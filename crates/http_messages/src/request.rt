//! What a request asks, and of which replica.
use ledger_model::{Height, ReplicaId};

/// A question. A height is as it was written: whether the replica has committed it, the replica answers.
#[derive(Debug, Drop)]
pub enum Question {
    /// `/`: the page for people.
    Page,
    /// `/health`: whether anybody answers.
    Health,
    /// `/status`: how far the replica is.
    Status,
    /// `/abci_info`: what the application says of itself.
    AbciInfo,
    /// `/abci_query`: what the application has under a key, at this height, or as of its last block.
    AbciQuery {
        key: Vec<u8>,
        height: Option<Height>,
    },
    /// `/block`: the block at this height, or the last one.
    Block {
        height: Option<Height>,
    },
    /// `/num_unconfirmed_txs`: how many transactions wait for a block.
    UnconfirmedTxs,
    /// `/broadcast_tx_sync`: a transaction for the pool.
    BroadcastSync {
        tx: Vec<u8>,
    },
    /// `/broadcast_tx_commit`: a transaction for the pool, to be answered when a block has it.
    BroadcastCommit {
        tx: Vec<u8>,
    },
    /// `/metrics`: numbers for Prometheus.
    Metrics,
}

/// A question, and the replica that the request names.
#[derive(Debug, Drop)]
pub struct Request {
    pub question: Question,
    pub replica: Option<ReplicaId>,
}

━━━━

**PROMPT**
In full and without alteration, write out each record.

**WRITTEN RESPONSE**
filename crates/http_messages/src/request.rt
//! What a request asks, and of which replica.
use ledger_model::{Height, ReplicaId};

/// A question. A height is as it was written: whether the replica has committed it, the replica answers.
#[derive(Debug, Drop)]
pub enum Question {
    /// `/`: the page for people.
    Page,
    /// `/health`: whether anybody answers.
    Health,
    /// `/status`: how far the replica is.
    Status,
    /// `/abci_info`: what the application says of itself.
    AbciInfo,
    /// `/abci_query`: what the application has under a key, at this height, or as of its last block.
    AbciQuery {
        key: Vec<u8>,
        height: Option<Height>,
    },
    /// `/block`: the block at this height, or the last one.
    Block {
        height: Option<Height>,
    },
    /// `/num_unconfirmed_txs`: how many transactions wait for a block.
    UnconfirmedTxs,
    /// `/broadcast_tx_sync`: a transaction for the pool.
    BroadcastSync {
        tx: Vec<u8>,
    },
    /// `/broadcast_tx_commit`: a transaction for the pool, to be answered when a block has it.
    BroadcastCommit {
        tx: Vec<u8>,
    },
    /// `/metrics`: numbers for Prometheus.
    Metrics,
}

/// A question, and the replica that the request names.
#[derive(Debug, Drop)]
pub struct Request {
    pub question: Question,
    pub replica: Option<ReplicaId>,
}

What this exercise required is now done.